Let’s begin by running QAOA with $$p=3$$ timesteps, and a maximum of 500 optimiser Iterations.

# Set up the WavefunctionSimulator from pyQuil
sim = WavefunctionSimulator()
cost_function = QAOACostFunctionOnWFSim(hamiltonian,
params=params,
sim=sim,
enable_logging=True)

t0 = time.time()
res = minimize(cost_function, params.raw(), tol=1e-3, method='Cobyla',
options={"maxiter": iters})
print('Run complete!\n','Runtime:','{:.3f}'.format(time.time()-t0))

Run complete!
Runtime: 56.446

wave_func = cost_function.get_wavefunction(params.raw())
lowest = max_probability_bitstring(wave_func.probabilities())

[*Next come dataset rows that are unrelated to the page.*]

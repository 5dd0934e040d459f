//! The cells of a configuration.
ghost use Rattle.std.specs.Prelude.{◌≡◌, ◌≤◌, ℕ, List, length, MatchResult, IfOk, is_some};
ghost use Rattle.cell_forms.specs.Forms.{IsForm, IsFormFault};
ghost use Rattle.cell_forms.specs.Steps.{shown as cells_shown, inside_of as inside_in, takes_cell as takes_one, is_whole as whole_is, open_step as step_open, close_step as step_close, other_step as step_other, step as stepped};
ghost use Rattle.cell_forms.specs.Reading.{IsReadUpTo, IsToldAt, stop_at};

use crate::form::{CellForm, FormFault, Sign, Stop};
use crate::state::{Level, State, form_of, nothing, same_name, step};
use k_terms::{Many, Memory, Text};
use std::alloc::Global;

/// The number of the innermost open cell.
fn inside_of(state: &State) -> Option<usize>
    ensures { result ≡ inside_in state.now }
{
    match &state.level {
        Level::Opened { .. } => Some(state.cells.len()),
        _ => state.around.innermost(),
    }
}

/// Whether an opening tag can follow.
fn takes_cell(state: &State) -> bool
    ensures { result ≡ takes_one state.now }
{
    match &state.level {
        Level::Start => true,
        Level::Opened { content, .. } => !*content,
        Level::Among => true,
        Level::End => false,
    }
}

fn is_whole(state: &State) -> bool
    ensures { result ≡ whole_is state.now }
{
    match &state.level {
        Level::End => true,
        _ => false,
    }
}

/// The cells whose opening tags are read.
fn shown(state: State) -> Result<Many<CellForm>, Memory>
    ensures { IfOk result (λ cells. cells ≡ cells_shown state) }
{
    let State {
        mut cells,
        level,
        ..
    } = state;
    match level {
        Level::Opened { tag, .. } => {
            cells.push(form_of(tag, None))?;
            Ok(cells)
        }
        _ => Ok(cells),
    }
}

/// Whether an opening tag can follow, of a cell that may occur more than once or not.
fn can_open(state: &State, many: bool) -> bool
    ensures { (name : List ℕ) (at : ℕ) → result ≡ is_some (step_open state.now name many at) }
{
    match &state.level {
        Level::Start => !many,
        Level::Opened { content, .. } => !*content,
        Level::Among => true,
        Level::End => false,
    }
}

/// Whether a closing tag of this name can follow.
fn can_close(state: &State, name: &Text) -> bool
    ensures { (at : ℕ) → result ≡ is_some (step_close state.now name.now at) }
{
    match &state.level {
        Level::Opened { tag, content } => {
            if !*content {
                return false;
            }
            same_name(&tag.name, name)
        }
        Level::Among => state.around.is_within(name),
        _ => false,
    }
}

/// Whether any other token can follow.
fn takes_other(state: &State) -> bool
    ensures { result ≡ is_some (step_other state.now) }
{
    match &state.level {
        Level::Opened { .. } => true,
        _ => false,
    }
}

/// Whether a token can follow.
fn can_follow(state: &State, sign: &Sign) -> bool
    ensures { (at : ℕ) → result ≡ is_some (stepped state.now at sign.now) }
{
    match sign {
        Sign::Open { many, .. } => can_open(state, *many),
        Sign::Close { name } => can_close(state, name),
        Sign::Other => takes_other(state),
    }
}

/// How far tokens are read, and what is read there.
fn read_signs(alloc: Global, signs: &[Sign]) -> Result<(usize, State), Memory>
    ensures { IfOk result (λ read. IsReadUpTo signs.now read.0 read.1) }
{
    let mut state = nothing(alloc);
    for (at, sign) in signs.iter().enumerate() {
        if !can_follow(&state, sign) {
            return Ok((at, state));
        }
        let Some(next) = step(alloc, state, at, sign)? else {
            return Err(Memory);
        };
        state = next;
    }
    Ok((signs.len(), state))
}

/// Where no configuration goes on, by what is read there.
fn stop_of(at: usize, state: State) -> Result<Stop, Memory>
    ensures { IfOk result (λ stop. stop ≡ stop_at at state) }
{
    let inside = inside_of(&state);
    let takes_cell = takes_cell(&state);
    Ok(Stop {
        at,
        cells: shown(state)?,
        inside,
        takes_cell,
    })
}

fn fault_of(at: usize, state: State) -> FormFault
    ensures { IsToldAt at state result }
{
    match stop_of(at, state) {
        Ok(stop) => FormFault::Stop(stop),
        Err(Memory) => FormFault::Memory,
    }
}

/// Reads a configuration, given by what its tokens are to cells: one cell that occurs once, in which each cell holds cells, or
/// a content of one token or more. Cells nest as deep as the tokens; the time is linear in the tokens, and in the bytes of the
/// names of the cells.
pub fn read_form(alloc: Global, signs: &[Sign]) -> Result<Many<CellForm>, FormFault>
    ensures { MatchResult result (IsForm signs.now) (IsFormFault signs.now) }
{
    let Ok((at, state)) = read_signs(alloc, signs) else {
        return Err(FormFault::Memory);
    };
    if at < signs.len() {
        return Err(fault_of(at, state));
    }
    if is_whole(&state) {
        return Ok(state.cells);
    }
    Err(fault_of(at, state))
}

true_clusters = [1 if val else 0 for val in labels]
acc = cluster_accuracy(lowest,true_clusters)

True Labels of samples: [1, 1, 1, 1, 1, 0, 0, 0, 0, 0]
Lowest QAOA State: [0, 0, 1, 1, 1, 1, 0, 0, 1, 0]
Accuracy of Original State: 60.0 %
Accuracy of Complement State: 40.0 %


We can analyze the optimizer to see whether or not our QAOA run converged. For the full message, run:

print(res)

print('Cost Function Value:', res.fun)
print('Converged?:',res.message)

Cost Function Value: -446.28427408573975
Converged?: Maximum number of function evaluations has been exceeded.

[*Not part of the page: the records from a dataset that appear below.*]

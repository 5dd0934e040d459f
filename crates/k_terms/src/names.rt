ghost use Rattle.std.specs.Prelude.{◌≡◌, [], ◌∷◌, ◌++◌, length, None, slice_get, Some, option_copied, option_map, IfOk, IsOk, IsSome, OnOk, OnErr};
ghost use Rattle.k_terms.specs.Names.{number_of, with_word};

use crate::memory::Memory;
use crate::value::Symbol;
use indexmap::IndexSet;
use std::alloc::Global;
use std::marker::Model;

/// The words that were read. A symbol's number is the place of its word, counted from 0.
#[derive(Debug, Drop)]
pub struct Names {
    words: IndexSet<String>,
}

impl Model for Names {
    ghost use Rattle.std.specs.Prelude.{List, ℕ, ◌≤◌, ◌^◌, map, length, string_bytes};
    ghost use Rattle.std.specs.Coded.{coded_list, coded_ℕ};

    ghost Value = { List (List ℕ) };

    ghost coded = { coded_list (coded_list coded_ℕ) };

    ghost view = { λ names. map string_bytes names.words.keys };

    ghost invariant = { λ names. length names.words.keys ≤ 2 ^ 32 };
}

impl Names {
    pub fn new(alloc: Global) -> Names
        ensures { result ≡ [] }
    {
        Names {
            words: IndexSet::new(alloc),
        }
    }

    /// The number of a word. A known word keeps its number, and a new one goes last; it is refused with `Memory` where
    /// every number is taken.
    pub fn number(&mut self, alloc: Global, word: &str) -> Result<Symbol, Memory>
        ensures words { OnOk result (self.new ≡ with_word self.old word.now) }
        ensures number { IfOk result (λ symbol. number_of self.new word.now ≡ Some symbol.0) }
        ensures known { IsSome (number_of self.old word.now) → IsOk result }
        ensures err { OnErr result (self.new ≡ self.old) }
    {
        match self.find(word) {
            Some(symbol) => Ok(symbol),
            None => self.add(alloc, word),
        }
    }

    /// Adds a new word at the end.
    fn add(&mut self, alloc: Global, word: &str) -> Result<Symbol, Memory>
        requires { number_of self.old word.now ≡ None }
        ensures words { OnOk result (self.new ≡ self.old ++ word.now ∷ []) }
        ensures number { IfOk result (λ symbol. symbol.0 ≡ length self.old) }
        ensures err { OnErr result (self.new ≡ self.old) }
    {
        let number = u32::try_from(self.words.len()).map_err(|_| Memory)?;
        let owned = String::from_str(alloc, word)?;
        self.words.insert(owned)?;
        Ok(Symbol(number))
    }

    /// The number of a word, where it is known.
    pub fn find(&self, word: &str) -> Option<Symbol>
        ensures { option_map (λ symbol. symbol.0) result ≡ number_of self.now word.now }
    {
        let index = self.words.get_index_of(word)?;
        Some(Symbol(index as u32))
    }

    /// The word of a symbol, where it has one.
    pub fn word(&self, symbol: Symbol) -> Option<&str>
        ensures { option_copied result ≡ slice_get self.now symbol.0 }
    {
        match self.words.get_index(symbol.0 as usize) {
            Some(word) => Some(word.as_str()),
            None => None,
        }
    }
}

We can see we did not converge. Let’s tighten up our operations by wrapping our QAOA runs in a function and increase the QAOA parameter $$p$$.

def run_qaoa(hamiltonian, params, timesteps, max_iters, init_state=None):
cost_function = QAOACostFunctionOnWFSim(hamiltonian,
params=params,
initial_state=init_state)
res = minimize(cost_function, params.raw(), tol=1e-3, method='Cobyla',
options={"maxiter" : max_iters})

return cost_function.get_wavefunction(params.raw()), res


The cell below will take around 2 to 3 minutes to run:

t0 = time.time()
wave_func, res = run_qaoa(hamiltonian, params, timesteps=3, max_iters=1500)
print('Run complete\n','Runtime:','{:.3f}'.format(time.time()-t0))

Run complete
Runtime: 159.021

lowest = max_probability_bitstring(wave_func.probabilities())

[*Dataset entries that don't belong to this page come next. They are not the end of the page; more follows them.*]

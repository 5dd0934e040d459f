//! The laws of sites and steps. The contract of each function is the law.
ghost use Rattle.step_laws.specs.Laws.{SitesFire, EachStepHasASite, StuckWithoutSites};

/// A site at which a rule binds fires with any births that are free.
pub fn sites_fire()
    ensures { SitesFire }
{}

/// Each step of ordinary rewriting has a site at which it fires.
pub fn each_step_has_a_site()
    ensures { EachStepHasASite }
{}

/// No rule matches just where there is no site.
pub fn stuck_without_sites()
    ensures { StuckWithoutSites }
{}
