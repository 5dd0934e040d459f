//! The cells that are open around the one that is read.
ghost use Rattle.std.specs.Prelude.{◌≡◌, ◌∷◌, [], OnOk, MatchOption};
ghost use Rattle.cell_forms.specs.Steps.{innermost, is_within};

use k_terms::{Memory, Text};
use std::alloc::Global;
use std::marker::Model;

/// A cell that holds cells and is open.
#[derive(Debug, Drop)]
pub(crate) struct Opening {
    pub(crate) number: usize,
    pub(crate) name: Text,
}

/// Open cells, of which the innermost can be taken out. Contracts see it first.
#[derive(Debug, Drop)]
pub(crate) struct Stack {
    cells: Vec<Opening>,
}

impl Model for Stack {
    ghost use Rattle.std.specs.Prelude.{List, reverse};
    ghost use Rattle.cell_forms.specs.declared.stack.Opening.{Opening};

    ghost Value = { List Opening };

    ghost view = { λ stack. reverse stack.cells.items };
}

impl Stack {
    pub(crate) fn new(alloc: Global) -> Stack
        ensures { result ≡ [] }
    {
        Stack {
            cells: Vec::new(alloc),
        }
    }

    /// Puts a cell inside all others.
    pub(crate) fn push(&mut self, cell: Opening) -> Result<(), Memory>
        ensures { OnOk result (self.new ≡ cell ∷ self.old) }
    {
        self.cells.push(cell)?;
        Ok(())
    }

    /// Takes the innermost cell out.
    pub(crate) fn pop(&mut self) -> Option<Opening>
        ensures { MatchOption result (self.old ≡ []) (λ cell. self.old ≡ cell ∷ self.new) }
    {
        self.cells.pop()
    }

    /// The number of the innermost cell.
    pub(crate) fn innermost(&self) -> Option<usize>
        ensures { result ≡ innermost self.now }
    {
        match self.cells.last() {
            Some(cell) => Some(cell.number),
            None => None,
        }
    }

    /// Whether the innermost cell has this name.
    pub(crate) fn is_within(&self, name: &Text) -> bool
        ensures { result ≡ is_within self.now name.now }
    {
        match self.cells.last() {
            Some(cell) => cell.name.as_slice() == name.as_slice(),
            None => false,
        }
    }
}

true_clusters = [1 if val else 0 for val in labels]
acc = cluster_accuracy(lowest,true_clusters)

print('Cost Function Value:', res.fun)
print('Converged?:',res.message)

True Labels of samples: [1, 1, 1, 1, 1, 0, 0, 0, 0, 0]
Lowest QAOA State: [1, 0, 1, 0, 0, 0, 1, 1, 1, 1]
Accuracy of Original State: 30.0 %
Accuracy of Complement State: 70.0 %
Cost Function Value: -860.5133756234061
Converged?: Optimization terminated successfully.


You should typically find that increasing the number of allowed iterations gives a more accurate answer. The precise numbers will depend on which Pokemons are randomly selected at the beginning.